Samwise.agency — Weekly Briefing
High Tech Recruiting Newsletter
This week’s edition arrives in the shadow of AI-driven restructuring that swept across five companies in just two days, while a new $500 million non-profit makes a high-profile bet on workforce retraining — and industry data suggests the tech talent pipeline itself may be quietly eroding. Here is what every high-tech recruiter needs to know.
A Washington State WARN filing confirmed Sony cut 292 jobs at Bungie’s Bellevue headquarters on June 25, following the end of Destiny 2 development. Sony Studio Business Group CEO Hermen Hulst said cuts hit “most of the Destiny team and some Marathon team members,” with separations effective July 9. Bungie said Destiny 2 “fell short of expectations these past several years” and that with “future projects still in early incubation, we unfortunately could not continue operating at our previous size.” The round is Bungie’s third since Sony’s $3.6 billion acquisition in 2022, bringing total job losses at the studio to more than 600.
Melbourne-based employee engagement software company Culture Amp cut 70 jobs — roughly 9% of its workforce — on June 26, its third round of layoffs in three years. The cuts come just seven months after eliminating 60 roles in November 2025, and follow the January appointment of CEO Caroline Rawlinson after co-founder Didier Elzinga stepped down to become executive chair. Rawlinson attributed the changes to strategic realignment: “The world of work is changing faster than most of us have ever seen, and Culture Amp is making changes to its organisational structure and ways of working to accelerate execution and achievement of our ambitious goals.”
Seattle customer data startup Amperity conducted an undisclosed round of layoffs on June 25, citing an AI-driven operational transformation. The company, which employs more than 200 people globally, said “a number of talented people are leaving” and that it is “building AI into how we work across the organization.” The cuts follow a leadership shakeup two weeks prior: co-founders Derek Slager and Kabir Shahani returned as co-CEOs, replacing former Salesforce executive Tony Alika Owens in a “mutual transition.” CFO Amy Kelleran Pelly also became president while retaining her CFO role. Amperity has raised more than $180 million since its 2016 founding.
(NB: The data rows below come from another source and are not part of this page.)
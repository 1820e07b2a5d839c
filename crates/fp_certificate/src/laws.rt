//! That a written certificate is read back.
ghost use Rattle.fp_certificate.specs.Readable.{WrittenReadsBack};

use fp_certificate_lines::instances_are_named;
use fp_model::Instance;

/// That what is written of a certificate is read back, for each instance.
///
/// The certificate is in range, its tables can be counted in 32 bits, and its parts are those that
/// reading takes under its answer: legs and trucks alone under a direct answer, nothing under an
/// infeasible one. Then the records of the text that [`fp_certificate_lines::write`] gives of it are without a
/// fault, and [`read`](crate::read) gives it back. The call does nothing.
pub fn written_reads_back(instance: &Instance)
    ensures { WrittenReadsBack instance.now }
{
    instances_are_named(instance);
}
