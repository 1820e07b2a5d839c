//! Tests a certificate part by part.
ghost use Rattle.std.specs.Prelude.{ℕ, ◌≡◌, ◌<◌, ◌≤◌, ◌-◌, ◌^◌, List, All, IfOk, OnOk, length};
ghost use Rattle.fp_model.specs.Numbered.{shipment_at};
ghost use Rattle.fp_flatnet.specs.Belonging.{BelongsTo};
ghost use Rattle.fp_flatnet.specs.Tables.{windows_in};
ghost use Rattle.fp_flatnet.specs.Windows.{AreWindows};
ghost use Rattle.fp_prices.specs.Tables.{AreCountable};
ghost use Rattle.fp_prices_spans.specs.Spans.{ClassSpan};
ghost use Rattle.fp_certificate_lines.specs.Ranges.{IsInRange};
ghost use Rattle.fp_certificate_rules.specs.Accepted.{IsAccepted, IsTooLate};
ghost use Rattle.fp_checker.specs.Cases.{HasCountableLists};
ghost use Rattle.fp_checker.specs.Rejections.{IsPlanRejected, TellsPlan, IsFirstUnmet, HoldBelow, IsFirstFailed};
ghost use Rattle.fp_certificate_rules.specs.Claims.{Claims, ClaimsWithin};
ghost use Rattle.fp_certificate_rules.specs.Plans.{HasTimetable, routes_of, stated_cost as stated_cost_of};

use crate::cases::Case;
use crate::rejections::{BLOCKED, COST, LEAVES, PLAN, PRICES, Rejected, TREE, TRUCKS};
use crate::rules::added_points::told_points;
use crate::rules::departures::are_same;
use crate::rules::fastest_times::is_too_late;
use crate::rules::leaves::are_leaves_worth;
use crate::rules::plans::told_plan;
use crate::rules::prices::has_prices;
use crate::rules::trees::{is_tree, narrowing_count, split_count};
use fp_certificate_lines::{Answer, Certificate};
use fp_certificate_rules::MOST_NARROWINGS;
use fp_flatnet::Windows;
use fp_model::{Instance, Plan};
use fp_timetable::{plan_cost, trucks};
use fp_tree::MOST_SPLITS;
use std::alloc::Global;

// The cost that an answer states of its plan, and 0 where it has none.
fn stated_cost(answer: Answer) -> u128
    ensures { result ≡ stated_cost_of answer }
{
    match answer {
        Answer::Direct { cost } | Answer::Optimal { cost } | Answer::Unfinished { cost, .. } =>
            cost,
        Answer::Infeasible { .. } => 0,
    }
}

// The plan of a certificate, whose cost and trucks are as told: parts 1 to 3.
fn tested_plan(alloc: Global, case: &Case<'_>) -> Result<Plan, Rejected>
    ensures plan { IfOk result (λ plan. plan ≡ routes_of case.now.problem case.now.told) }
    ensures holds { OnOk result
        (HasTimetable case.now.problem (windows_in case.now.windows) case.now.told) }
    ensures part { (number : ℕ) → result ≡ Err (Rejected.Part number) →
        (number ≤ 3) × IsFirstUnmet case.now.problem case.now.windows case.now.told number }
{
    let plan = told_plan(alloc, case)?;
    let instance = case.instance;
    let certificate = case.certificate;
    let lines = trucks(alloc, instance, &plan)?;
    if stated_cost(certificate.answer) != plan_cost(instance, &plan, lines.as_slice()) {
        return Err(Rejected::Part { number: COST });
    }
    if !are_same(certificate.trucks.as_slice(), lines.as_slice()) {
        return Err(Rejected::Part { number: TRUCKS });
    }
    Ok(plan)
}

// Whether all that bounds the plans is as it has to be: parts 4 to 7.
fn test_bound(alloc: Global, case: &Case<'_>) -> Result<(), Rejected>
    requires countable { HasCountableLists case.now }
    requires timetable { HasTimetable case.now.problem (windows_in case.now.windows) case.now.told }
    ensures holds { OnOk result (HoldBelow case.now.problem case.now.windows case.now.told BLOCKED) }
    ensures part { (number : ℕ) → result ≡ Err (Rejected.Part number) →
        (number ≤ 7) × IsFirstUnmet case.now.problem case.now.windows case.now.told number }
{
    let instance = case.instance;
    let certificate = case.certificate;
    let points = told_points(alloc, instance, case.windows, certificate.points.as_slice())?;
    if !has_prices(alloc, instance, case.windows, &points, certificate)? {
        return Err(Rejected::Part { number: PRICES });
    }
    let nodes = certificate.tree.as_slice();
    if !is_tree(nodes) || split_count(nodes) > MOST_SPLITS as usize {
        return Err(Rejected::Part { number: TREE });
    }
    if narrowing_count(nodes) > MOST_NARROWINGS {
        return Err(Rejected::Part { number: TREE });
    }
    if !are_leaves_worth(alloc, case, &points)? {
        return Err(Rejected::Part { number: LEAVES });
    }
    Ok(())
}

// Whether a certificate tells its plan and all that bounds the plans as it has to be: parts 1 to
// 7.
fn test_claim(alloc: Global, case: &Case<'_>) -> Result<(), Rejected>
    requires { HasCountableLists case.now }
    ensures holds { OnOk result (HoldBelow case.now.problem case.now.windows case.now.told BLOCKED) }
    ensures part { (number : ℕ) → result ≡ Err (Rejected.Part number) →
        (number ≤ 7) × IsFirstUnmet case.now.problem case.now.windows case.now.told number }
{
    tested_plan(alloc, case)?;
    test_bound(alloc, case)
}

// Whether the shipment of an infeasible answer is too late: part 8.
fn test_refusal(
    alloc: Global,
    instance: &Instance,
    shipment: u32,
    time: Option<u32>,
) -> Result<(), Rejected>
    requires { shipment < length instance.now.shipments }
    ensures holds { OnOk result (IsTooLate instance.now (shipment_at instance.now shipment) time) }
    ensures part { (number : ℕ) → result ≡ Err (Rejected.Part number) →
        (number ≡ BLOCKED)
        × (IsTooLate instance.now (shipment_at instance.now shipment) time → ⊥) }
{
    if is_too_late(alloc, instance, shipment, time)? {
        Ok(())
    } else {
        Err(Rejected::Part { number: BLOCKED })
    }
}

// Whether each part that applies to the answer holds.
fn test_parts(alloc: Global, case: &Case<'_>) -> Result<(), Rejected>
    requires { HasCountableLists case.now }
    ensures accepted { OnOk result (IsAccepted case.now.problem case.now.windows case.now.told) }
    ensures part { (number : ℕ) → result ≡ Err (Rejected.Part number) →
        IsFirstFailed case.now.problem case.now.windows case.now.told number }
{
    let certificate = case.certificate;
    match certificate.answer {
        Answer::Direct { .. } => {
            tested_plan(alloc, case)?;
            Ok(())
        }
        Answer::Optimal { .. } | Answer::Unfinished { .. } => test_claim(alloc, case),
        Answer::Infeasible { shipment, time } => test_refusal(alloc, case.instance, shipment, time),
    }
}

/// Whether a certificate is accepted for an instance and windows that belong to it: whether each
/// part that applies to its answer holds.
///
/// Accepted, its claim is true: of all plans that lie within the windows, and where these are the
/// instance's own, of all plans, with departures in any fractions of the unit of time. Otherwise
/// `Rejected` tells the first part that fails.
///
/// The instance has the scale of prices under which the certificate was made. The certificate's
/// numbers are in range, as those of one that was read, and there are fewer than `2^32 - 1` tables,
/// and shares and spans of each. Takes time that grows with its lines, but for the leaves and the
/// narrowings, each of which is valued anew. `NoMemory` only where no memory is found.
pub fn check(
    alloc: Global,
    instance: &Instance,
    windows: &Windows,
    certificate: &Certificate,
) -> Result<(), Rejected>
    requires belongs { BelongsTo instance.now windows.now }
    requires range { IsInRange instance.now certificate.now }
    requires countable { AreCountable instance.now certificate.now.tables }
    requires few { All (λ (list : List ClassSpan). length list < 2 ^ 32 - 1) certificate.now.spans }
    ensures accepted { OnOk result (IsAccepted instance.now windows.now certificate.now) }
    ensures part { (number : ℕ) → result ≡ Err (Rejected.Part number) →
        IsFirstFailed instance.now windows.now certificate.now number }
    ensures within { OnOk result
        (ClaimsWithin instance.now (windows_in windows.now) certificate.now.answer) }
    ensures claims { OnOk result
        (AreWindows instance.now (windows_in windows.now)
        → Claims instance.now certificate.now.answer) }
{
    let case = Case {
        instance,
        windows,
        certificate,
    };
    test_parts(alloc, &case)
}

/// The plan that a certificate tells, for each shipment its legs, where the parts 1 to 3 hold:
/// the plan lies within the windows, and its cost and its trucks are as told. What the answer
/// claims of other plans isn't looked at.
///
/// `Rejected` tells the first of these parts that fails, and 1 where the answer is an infeasible
/// one. `NoMemory` only where no memory is found.
pub fn plan_of(
    alloc: Global,
    instance: &Instance,
    windows: &Windows,
    certificate: &Certificate,
) -> Result<Plan, Rejected>
    requires belongs { BelongsTo instance.now windows.now }
    requires range { IsInRange instance.now certificate.now }
    ensures plan { IfOk result (λ plan. plan ≡ routes_of instance.now certificate.now) }
    ensures holds { OnOk result
        (HasTimetable instance.now (windows_in windows.now) certificate.now) }
    ensures answer { OnOk result (TellsPlan certificate.now.answer) }
    ensures part { (number : ℕ) → result ≡ Err (Rejected.Part number) →
        IsPlanRejected instance.now windows.now certificate.now certificate.now.answer number }
{
    let case = Case {
        instance,
        windows,
        certificate,
    };
    match certificate.answer {
        Answer::Infeasible { .. } => Err(Rejected::Part { number: PLAN }),
        _ => tested_plan(alloc, &case),
    }
}
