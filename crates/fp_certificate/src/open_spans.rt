//! The last of the lists of spans that are read, and its last span: what comes next is theirs.
ghost use Rattle.std.specs.Prelude.{◌≡◌, ◌<◌, length, OnOk, true};
ghost use Rattle.fp_certificate.specs.Tables.{and_last_span_weight, and_span, and_span_weight, has_span, with_last};

use crate::NoMemory;
use fp_prices::Weight;
use fp_prices_spans::{Span, TableSpans};

/// Whether a span stands in the last table.
pub fn has_span(spans: &[TableSpans]) -> bool
    ensures { result ≡ has_span spans.now }
{
    match spans.last() {
        Some(beside) => !beside.spans.is_empty(),
        None => false,
    }
}

/// Adds a span to the last list of spans. The only error is `NoMemory`.
pub fn push_span(spans: &mut [TableSpans], span: Span) -> Result<(), NoMemory>
    requires { 0 < length spans.old }
    ensures { OnOk result (spans.new ≡ with_last (and_span span) spans.old) }
{
    let last = spans.len() - 1;
    let beside = &mut spans[last];
    beside.spans.push(span)?;
    Ok(())
}

// Adds a weight to the last of some spans. The only error is `NoMemory`.
fn push_to_spans(spans: &mut [Span], weight: Weight) -> Result<(), NoMemory>
    requires { 0 < length spans.old }
    ensures { OnOk result (spans.new ≡ with_last (and_span_weight weight) spans.old) }
{
    let last = spans.len() - 1;
    let span = &mut spans[last];
    span.weights.push(weight)?;
    Ok(())
}

// Adds a weight to the last span beside a table. The only error is `NoMemory`.
fn push_beside(beside: &mut TableSpans, weight: Weight) -> Result<(), NoMemory>
    requires { 0 < length beside.old }
    ensures { OnOk result (beside.new ≡ with_last (and_span_weight weight) beside.old) }
{
    push_to_spans(&mut beside.spans, weight)
}

/// Adds a weight to the last span of the last table. The only error is `NoMemory`.
pub fn push_span_weight(spans: &mut [TableSpans], weight: Weight) -> Result<(), NoMemory>
    requires { has_span spans.old ≡ true }
    ensures { OnOk result (spans.new ≡ and_last_span_weight weight spans.old) }
{
    let last = spans.len() - 1;
    push_beside(&mut spans[last], weight)
}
Oracle cut approximately 500 jobs in Romania on June 25, the second significant restructuring in under a year following roughly 400 cuts in late 2025. The layoffs affect an operation of approximately 4,000 employees, one of Oracle’s larger engineering footprints in central and eastern Europe. A former employee said the cuts were “decided in the previous fiscal year, with the names drawn up as far back as the spring,” warning that “further adjustments will follow.” Oracle’s global headcount fell from 162,000 to approximately 141,000 in the twelve months ending May 2026 — a 13% reduction the company’s filings attribute to AI adoption.
Lincoln, Nebraska-based construction tech startup CompanyCam conducted a round of layoffs on June 26, affecting marketing and creative roles, even as the company shows strong business indicators. Former Senior Creative Director Karley Johnson confirmed the cuts after five years at the company. Another affected employee described a “marketing-wide reorg.” CompanyCam achieved a $2 billion valuation — making it Nebraska’s first unicorn — after raising a $415 million Series C in 2025 and completed its first acquisition earlier in 2026. Despite the layoffs, the company lists open positions in engineering, machine learning, operations, product, and sales, suggesting targeted restructuring rather than broad retrenchment.
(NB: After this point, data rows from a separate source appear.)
//! The certificate of an answer, and its text both ways. What it is made of and how it is written
//! stand in `fp_certificate_lines`; here it is read from the records of its text, or the first fault is named.
#![tactic(auto)]

mod drafts;
mod faults;
mod laws;
mod lines;
mod open_gifts;
mod open_groups;
mod open_spans;
mod open_tables;
mod reading;

pub use faults::CertFault;
pub use fp_certificate_lines::{Answer, Certificate, Narrowing, Node, Spent, write};
pub use laws::written_reads_back;
pub use reading::{read, read_with_index};

/// The error of a call that finds no memory.
pub type NoMemory = std::alloc::AllocError;
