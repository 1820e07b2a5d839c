//! The rules of an accepted certificate, one subject a file.
pub(crate) mod added_points;
pub(crate) mod claims;
pub(crate) mod departures;
pub(crate) mod fastest_times;
pub(crate) mod leaf_ways;
pub(crate) mod leaves;
pub(crate) mod narrow_sides;
pub(crate) mod narrowed_ways;
pub(crate) mod narrowings;
pub(crate) mod orders;
pub(crate) mod plans;
pub(crate) mod price_gifts;
pub(crate) mod price_spans;
pub(crate) mod price_tables;
pub(crate) mod prices;
pub(crate) mod trees;
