//! Why a certificate isn't accepted.
use crate::NoMemory;
use thiserror::Error;

/// Why a certificate isn't accepted.
#[derive(Clone, Copy, Debug, PartialEq, Eq, Error)]
pub enum Rejected {
    /// The part with this number is the first of those that apply to the answer and fail:
    ///
    /// - 1: the leg lines are in order, each arrives a travel time after it left, and they are a
    ///   plan in whole units within the windows.
    /// - 2: the stated cost is the plan's.
    /// - 3: the truck lines are the plan's departures, each with its trucks and its load.
    /// - 4: the points stand by their rounds, at most 8 in one, and each is neither an initial
    ///   one nor there twice.
    /// - 5: the shares and their weights are in order and keep the price rule; the spans beside
    ///   each table, with their weights and groups, are in order, keep the money rule, and their
    ///   charges pay by the windows and the initial points; and the unit divides what plans cost.
    /// - 6: the nodes are one tree of at most 100,000 splits, with at most 50,000 narrowings before
    ///   them.
    /// - 7: no leaf is worth less than the claim, under the bars of the narrowings on its way and at
    ///   itself.
    /// - 8: the named shipment can't arrive in time, and its fastest time is as told.
    ///
    /// 1 to 3 apply to a direct answer, 1 to 7 to an optimal and an unfinished one, 8 to an
    /// infeasible one.
    #[error("part {number} of the certificate fails")]
    Part { number: u32 },
    /// No memory was found.
    #[error("out of memory")]
    NoMemory,
}

// The numbers of the parts.
pub(crate) const PLAN: u32 = 1;

pub(crate) const COST: u32 = 2;

pub(crate) const TRUCKS: u32 = 3;

pub(crate) const POINTS: u32 = 4;

pub(crate) const PRICES: u32 = 5;

pub(crate) const TREE: u32 = 6;

pub(crate) const LEAVES: u32 = 7;

pub(crate) const BLOCKED: u32 = 8;

impl From<NoMemory> for Rejected {
    ghost use Rattle.std.specs.Prelude.{◌≡◌};
    ghost use Rattle.fp_checker.specs.declared.rejections.Rejected.TheVariants as rejected;

    ghost from_gives = { λ _ e. e ≡ rejected.NoMemory };

    fn from(_error: NoMemory) -> Rejected {
        Rejected::NoMemory
    }
}
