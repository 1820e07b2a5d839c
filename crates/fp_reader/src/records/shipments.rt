//! Records `shipment,NAME,FROM,TO,SIZE,RELEASE,DUE`.
ghost use Rattle.std.specs.Prelude.{◌≡◌, true, false, MatchOption, MatchResult};
ghost use Rattle.fp_reader.specs.Codes.{code_of};
ghost use Rattle.fp_records_fields.specs.Findings.{first_code};
ghost use Rattle.fp_reader.specs.Faults.{has_shipment_digits, has_shipment_names, has_shipment_ranges, shipment_faults};
ghost use Rattle.fp_records_fields.specs.Fields.{number_at};
ghost use Rattle.fp_records_fields.specs.NamedParts.{terminal_in};

use crate::drafts::Draft;
use crate::records::codes::RecordFault;
use crate::records::ends::ends_of;
use fp_model::limits::{GREATEST_AMOUNT, LATEST};
use fp_records::Record;
use fp_records_fields::digits::{long_between, short_between};
use fp_records_fields::fields::{field_at, has_fields, has_name, has_number};

/// A shipment without its name.
#[derive(Clone, Copy)]
pub struct Consignment {
    pub from: u32,
    pub to: u32,
    pub size: u64,
    pub release: u32,
    pub due: u32,
}

// The numbers of a shipment.
#[derive(Clone, Copy)]
struct ShipmentNumbers {
    size: u64,
    release: u32,
    due: u32,
}

// Whether the name and both ends may be names.
fn has_shipment_names(line: &Record) -> bool
    ensures { result ≡ has_shipment_names line.now }
{
    has_name(line, 1) && has_name(line, 2) && has_name(line, 3)
}

// Whether the number fields are numbers.
fn has_shipment_digits(line: &Record) -> bool
    ensures { result ≡ has_shipment_digits line.now }
{
    has_number(line, 4) && has_number(line, 5) && has_number(line, 6)
}

// The numbers; `None` exactly where one is outside its limits.
fn shipment_numbers(line: &Record) -> Option<ShipmentNumbers>
    requires { has_shipment_digits line.now ≡ true }
    ensures { MatchOption result (has_shipment_ranges line.now ≡ false)
        (λ n. (has_shipment_ranges line.now ≡ true)
        × (n ≡ record { size = number_at line.now 4; release = number_at line.now 5; due = number_at line.now 6 })) }
{
    let size = long_between(field_at(line, 4), 1, GREATEST_AMOUNT)?;
    let release = short_between(field_at(line, 5), 0, LATEST)?;
    let due = short_between(field_at(line, 6), 0, LATEST)?;
    Some(ShipmentNumbers { size, release, due })
}

/// The shipment of a shipment's record, but for its name, or the least of the record's faults.
pub fn read_shipment(draft: &Draft<'_>, line: &Record) -> Result<Consignment, RecordFault>
    ensures { MatchResult result
        (λ c. (first_code (shipment_faults draft.now line.now) ≡ None)
        × (c ≡ record {
          from = terminal_in draft.now line.now 2;
          to = terminal_in draft.now line.now 3;
          size = number_at line.now 4;
          release = number_at line.now 5;
          due = number_at line.now 6;
        }))
        (λ fault. first_code (shipment_faults draft.now line.now) ≡ Some (code_of fault)) }
{
    if !has_fields(line, 7) {
        return Err(RecordFault::Fields);
    }
    if !has_shipment_names(line) {
        return Err(RecordFault::Name);
    }
    if !has_shipment_digits(line) {
        return Err(RecordFault::Digits);
    }
    let Some(numbers) = shipment_numbers(line) else {
        return Err(RecordFault::Range);
    };
    if draft.has_shipment(field_at(line, 1)) {
        return Err(RecordFault::NameTaken);
    }
    let Some(ends) = ends_of(draft, line, 2, 3) else {
        return Err(RecordFault::NoTerminal);
    };
    if ends.from == ends.to {
        return Err(RecordFault::SameEnds);
    }
    if numbers.due < numbers.release {
        return Err(RecordFault::DueBeforeRelease);
    }
    if draft.is_full_of_shipments() {
        return Err(RecordFault::TooMany);
    }
    Ok(Consignment {
        from: ends.from,
        to: ends.to,
        size: numbers.size,
        release: numbers.release,
        due: numbers.due,
    })
}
A new non-profit called Raise Us launched on June 26, aiming to help American workers “transition to an AI economy,” backed by more than $500 million from Amazon, Microsoft, Anthropic, the OpenAI Foundation, Cisco, IBM, ADP, and more than two dozen others. Led by former governors Gina Raimondo (CEO) and Eric Holcomb (co-chair), it is partnering with Arkansas, Connecticut, Maryland, and Utah as initial “proving grounds” for workforce transition pilots. Industry analysts were skeptical: one called it “the highest-profile example of AI-washing thus far,” noting that many of its backers have already executed multiple rounds of AI-driven layoffs.
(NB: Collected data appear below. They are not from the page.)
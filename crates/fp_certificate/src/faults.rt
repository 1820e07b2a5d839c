//! Why records give no certificate.
use std::alloc::AllocError;
use thiserror::Error;

/// Why records give no certificate.
#[derive(Clone, Copy, Debug, PartialEq, Eq, Error)]
pub enum CertFault {
    /// The record with this ordinal, counted from 1 over all records of the input, is the first
    /// with a fault. `code` is 27 where it stands after `end`, and otherwise the first of its codes
    /// in the order 21, 22, 23, 24, 25, 28:
    ///
    /// - 21: its first field is no kind of a certificate's line, or the second field of an `answer`
    ///   is none of `direct`, `optimal`, `unfinished` and `infeasible`, or that of a `split` is
    ///   none of `arc`, `time` and `trucks`.
    /// - 22: the number of fields isn't that of the line.
    /// - 23: a field is neither a number nor a word where its place takes one.
    /// - 24: the line can't stand here. An `answer` stands first and nothing else does; no line
    ///   stands after one of a later section (answer, scale, unit, legs, trucks, points, tables
    ///   with their shares, spans, weights, groups and gifts, tree, end); there is one scale and one unit;
    ///   a table has the next number; a share stands in a table before its spans, a span in a
    ///   table, a weight in a share or a span of the last table and before the span's groups, a
    ///   group in a span of the last table, and a gift in a table after all of these; under a direct answer there are legs and trucks alone,
    ///   and under an infeasible one nothing but `end`.
    /// - 25: no shipment or no terminal has the name, or no arc joins the ends.
    /// - 26: the records end without `end`. The ordinal is one past that of the last record.
    /// - 27: the record stands after `end`.
    /// - 28: a number is out of its range ([`read`](crate::read) has the ranges).
    #[error("record {ordinal} has the fault {code}")]
    Bad { ordinal: u32, code: u32 },
    /// No memory was found.
    #[error("out of memory")]
    NoMemory,
}

impl From<AllocError> for CertFault {
    ghost use Rattle.std.specs.Prelude.{◌≡◌};
    ghost use Rattle.fp_certificate.specs.declared.faults.CertFault.TheVariants.{NoMemory};

    ghost from_gives = { λ _ e. e ≡ NoMemory };

    fn from(_error: AllocError) -> CertFault {
        CertFault::NoMemory
    }
}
Eliminating junior IT roles is creating a long-term talent pipeline crisis, warns a CIO.com analysis published June 29. Employment among early-career workers (ages 22–25) in AI-exposed occupations fell 16% since ChatGPT’s launch, with entry-level software developer roles dropping nearly 20%, per Stanford’s Digital Economy Lab. A Gartner survey found organizations cutting workforces for AI efficiency are not seeing financial returns; Gartner forecasts autonomous business will require more staff — not fewer — over the next two to three years. Microsoft VP Scott Hanselman advocates a medical-style “preceptorship” model for junior developers, warning that over-reliance on AI risks missing “subtle bugs, architectural flaws, and vulnerabilities that only skilled engineers can catch.”